[Stored data entries]
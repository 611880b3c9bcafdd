ghost use Rattle.std.specs.Prelude.{◌≡◌, IfOk, drop};
ghost use mathlib.Core.List.{IsPrefix};
ghost use Rattle.transcript.specs.Written.{IsBehind, IsPrinted};
ghost use Rattle.world_lock.specs.Known.{IsSeatOf};

use interleave_core::World;
use std::alloc::{AllocError, Global};
use std::sync::Wait;
use world_lock::{Seat, WorldLock};

/// A seat after a hold, how many bytes the world had printed then, and a copy of those behind the first so many.
#[derive(Drop)]
pub(crate) struct Behind {
    pub(crate) seat: Seat<World>,
    pub(crate) total: usize,
    pub(crate) bytes: Result<Vec<u8>, AllocError>,
}

/// Enters, copies the bytes of the world behind the first `written`, and leaves.
pub(crate) fn bytes_behind<R: Wait>(
    rt: &R,
    alloc: Global,
    lock: &WorldLock<World>,
    seat: Seat<World>,
    written: u64,
) -> Behind
    requires { IsSeatOf lock.now seat }
    ensures of { IsSeatOf lock.now result.seat }
    ensures shares { result.seat.shares ≡ seat.shares }
    ensures seen { IsPrefix seat.seen result.seat.seen }
    ensures printed { IsPrinted lock.now.setup result.seat.seen result.total }
    ensures bytes { IfOk result.bytes (λ v. IsBehind lock.now.setup result.seat.seen written v.items) }
{
    let mut turn = lock.enter(rt, seat);
    let world = turn.value();
    world.stands();
    let total = world.output().len();
    let bytes = Vec::from_slice(alloc, bytes_from(world.output(), written));
    Behind {
        seat: lock.leave(turn),
        total,
        bytes,
    }
}

/// The bytes behind the first so many.
pub(crate) fn bytes_from(bytes: &[u8], from: u64) -> &[u8]
    ensures { result.now ≡ drop from bytes.now }
{
    match bytes.get(from as usize..) {
        Some(rest) => rest,
        None => &[],
    }
}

**EXERCISE:**
Wherever the string "IfOk" appears in the data above, copy the line it sits in.

**ANSWER:**
ghost use Rattle.std.specs.Prelude.{◌≡◌, IfOk, drop};
    ensures bytes { IfOk result.bytes (λ v. IsBehind lock.now.setup result.seat.seen written v.items) }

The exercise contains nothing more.